DATA
//! A lot with a ticket for each of its threads.
//!
//! The lot of a team is known by its type's ghost field, and a closure's contract is inferred.
//! `run_times` has the loop, since a loop of a user's own needs an invariant. `run` spends the team and
//! asks nothing of the tokens that closures leave; `run_times` gives the team back, and asks that they
//! are of the lot still.
ghost use Rattle.std.specs.Prelude.{◌≡◌, ◌⊎◌, ◌↔◌, ◌+◌, All, IfErr, IfOk, IsErrOf, length};
ghost use Rattle.std.specs.Arc.{arc_value};
ghost use Rattle.parking_lot_core.specs.Team.{AreSizes};
ghost use Rattle.parking_lot_core.specs.Tokens.{IsTicketOf, IsTokenOf};
ghost use Rattle.lock_monitor.specs.Calls.{EachHasRun, GivesTokenBack, HasRun, MayAnswer, MayRun};

use parking_lot_core::{DEFAULT_WORDS, Director, Fault, ParkingLot, Ticket, Token};
use std::alloc::Global;
use std::marker::Model;
use std::sync::Arc;
use std::thread::{Threads, map_vec};

/// A lot, and the tickets of all its threads but the caller's. Each of them runs what the team is
/// given, in a thread of its own. Where the system makes no more threads, calls run one after
/// another: then those that wait for one another never end.
pub struct Team {
    lot: Arc<ParkingLot>,
    tickets: Vec<Ticket>,
    ghost members: { All (IsTicketOf (arc_value lot)) tickets.items },
    ghost number: { length tickets.items + 1 ≡ (arc_value lot).records.count },
}

// The drop is written, and not derived, so that it is proved here and not in each program.
impl Drop for Team {
    fn drop(self) {
        let Team {
            lot: _lot,
            tickets: _tickets,
        } = self;
    }
}

// In a clause a team is its lot.
impl Model for Team {
    ghost use Rattle.std.specs.Prelude.{◌≡◌};
    ghost use Rattle.std.specs.Arc.{arc_value};
    ghost use Rattle.parking_lot_core.specs.declared.lot.ParkingLot.{ParkingLot};

    ghost Value = { ParkingLot };

    ghost view = { λ team. arc_value team.lot };
}

// Enters the lot by a ticket, calls the closure, and leaves.
fn run_one<U, F: Fn(&mut Token) -> U>(lot: &ParkingLot, ticket: Ticket, f: &F) -> U
    requires { IsTicketOf lot.now ticket × MayRun F.Fn f.now lot.now }
    ensures { MayAnswer F.Fn f.now lot.now result }
{
    let mut token = ticket.enter();
    lot.start(&token);
    let answer = f(&mut token);
    lot.finish(&token);
    drop(token.leave());
    answer
}

// Calls the closure so many times in between.
fn run_times<F: Fn(&mut Token)>(lot: &ParkingLot, ticket: Ticket, times: u64, f: &F) -> Ticket
    requires { IsTicketOf lot.now ticket × MayRun F.Fn f.now lot.now × GivesTokenBack F.Fn f.now lot.now }
    ensures ticket { IsTicketOf lot.now result }
    ensures ran { HasRun F.Fn f.now lot.now times result }
{
    let mut token = ticket.enter();
    lot.start(&token);
    for _ in 0..times {
        f(&mut token);
    }
    lot.finish(&token);
    token.leave()
}

impl Team {
    /// Makes a lot of 64 words for so many threads and the caller's, and enters it.
    ///
    /// # Errors
    ///
    /// `SizesOutOfRange`, but for up to 1023 threads, and `NoMemory`, where memory was refused.
    pub fn new(alloc: Global, threads: usize) -> Result<(Team, Token), Fault>
        ensures made { IfOk result (λ made. IsTokenOf made.0 made.1
            × (made.0.words.count ≡ 64) × (made.0.records.count ≡ threads + 1)) }
        ensures sizes { IsErrOf result Fault.SizesOutOfRange ↔ (AreSizes 64 (threads + 1) → ⊥) }
        ensures err { IfErr result (λ fault. (fault ≡ Fault.NoMemory)
            ⊎ (fault ≡ Fault.SizesOutOfRange)) }
    {
        Team::with_words(alloc, DEFAULT_WORDS, threads)
    }

    /// Makes a lot of so many words for so many threads and the caller's, and enters it.
    ///
    /// # Errors
    ///
    /// `SizesOutOfRange`, but for 1 to 2^20 words and up to 1023 threads, and `NoMemory`, where
    /// memory was refused.
    pub fn with_words(alloc: Global, words: usize, threads: usize) -> Result<(Team, Token), Fault>
        ensures made { IfOk result (λ made. IsTokenOf made.0 made.1
            × (made.0.words.count ≡ words) × (made.0.records.count ≡ threads + 1)) }
        ensures sizes { IsErrOf result Fault.SizesOutOfRange ↔ (AreSizes words (threads + 1) → ⊥) }
        ensures err { IfErr result (λ fault. (fault ≡ Fault.NoMemory)
            ⊎ (fault ≡ Fault.SizesOutOfRange)) }
    {
        if threads > 1023 {
            return Err(Fault::SizesOutOfRange);
        }
        let (lot, mut tickets) = ParkingLot::try_new(alloc, words, threads + 1)?;
        match tickets.pop() {
            Some(ticket) => Ok((Team { lot, tickets }, ticket.enter())),
            None => unreachable!(),
        }
    }

    /// Makes a lot as `new` does, whose threads run when a director says so.
    ///
    /// # Errors
    ///
    /// As of `new`.
    pub fn directed(
        alloc: Global,
        threads: usize,
        director: &Arc<Director>,
    ) -> Result<(Team, Token), Fault>
        ensures made { IfOk result (λ made. IsTokenOf made.0 made.1
            × (made.0.words.count ≡ 64) × (made.0.records.count ≡ threads + 1)) }
        ensures sizes { IsErrOf result Fault.SizesOutOfRange ↔ (AreSizes 64 (threads + 1) → ⊥) }
        ensures err { IfErr result (λ fault. (fault ≡ Fault.NoMemory)
            ⊎ (fault ≡ Fault.SizesOutOfRange)) }
    {
        if threads > 1023 {
            return Err(Fault::SizesOutOfRange);
        }
        let (lot, mut tickets) = ParkingLot::try_directed(
            alloc,
            DEFAULT_WORDS,
            threads + 1,
            director,
        )?;
        match tickets.pop() {
            Some(ticket) => Ok((Team { lot, tickets }, ticket.enter())),
            None => unreachable!(),
        }
    }

    /// Returns the lot, in which locks are made.
    pub fn lot(&self) -> &Arc<ParkingLot>
        ensures { arc_value result.now ≡ self.now }
    {
        &self.lot
    }

    /// Runs a closure in a thread of each ticket, and waits for all. Returns what they answered.
    ///
    /// # Errors
    ///
    /// `NoMemory`, where memory was refused. Some threads may have run the closure then.
    pub fn run<R: Threads + Sync, U: Send + Drop, F: Fn(&mut Token) -> U + Sync>(
        self,
        rt: &R,
        f: &F,
    ) -> Result<Vec<U>, Fault>
        requires { MayRun F.Fn f.now self }
        ensures number { IfOk result (λ answers. length answers.items + 1 ≡ self.records.count) }
        ensures each { IfOk result (λ answers. All (MayAnswer F.Fn f.now self) answers.items) }
        ensures err { IfErr result (λ fault. fault ≡ Fault.NoMemory) }
    {
        let Team { lot, tickets } = self;
        let shared: &ParkingLot = &lot;
        shared.begin(tickets.len());
        let answers = map_vec(
            rt,
            tickets,
            &|ticket: Ticket| -> U
                requires { IsTicketOf shared.now ticket × MayRun F.Fn f.now shared.now }
                ensures { MayAnswer F.Fn f.entry.now shared.entry.now result }
            { run_one(shared, ticket, f) },
        )?;
        Ok(answers)
    }

    /// Runs a closure so many times in a thread of each ticket, waits for all, and returns the team.
    ///
    /// # Errors
    ///
    /// `NoMemory`, where memory was refused. Some threads may have run the closure then.
    pub fn run_times<R: Threads + Sync, F: Fn(&mut Token) + Sync>(
        self,
        rt: &R,
        times: u64,
        f: &F,
    ) -> Result<Team, Fault>
        requires may { MayRun F.Fn f.now self }
        requires keeps_rights { GivesTokenBack F.Fn f.now self }
        ensures team { IfOk result (λ team. team ≡ self) }
        ensures calls { IfOk result (λ _. EachHasRun F.Fn f.now self times) }
        ensures err { IfErr result (λ fault. fault ≡ Fault.NoMemory) }
    {
        let Team { lot, tickets } = self;
        let shared: &ParkingLot = &lot;
        shared.begin(tickets.len());
        let tickets = map_vec(
            rt,
            tickets,
            &|ticket: Ticket| -> Ticket
                requires { IsTicketOf shared.now ticket × MayRun F.Fn f.now shared.now
                    × GivesTokenBack F.Fn f.now shared.now }
                ensures { IsTicketOf shared.entry.now result
                    × HasRun F.Fn f.entry.now shared.entry.now times result }
            { run_times(shared, ticket, times, f) },
        )?;
        Ok(Team { lot, tickets })
    }
}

YOUR OBJECTIVE
Every line of the listing above that includes "Global" should be copied out.

SOLUTION BELOW
use std::alloc::Global;
    pub fn new(alloc: Global, threads: usize) -> Result<(Team, Token), Fault>
    pub fn with_words(alloc: Global, words: usize, threads: usize) -> Result<(Team, Token), Fault>
        alloc: Global,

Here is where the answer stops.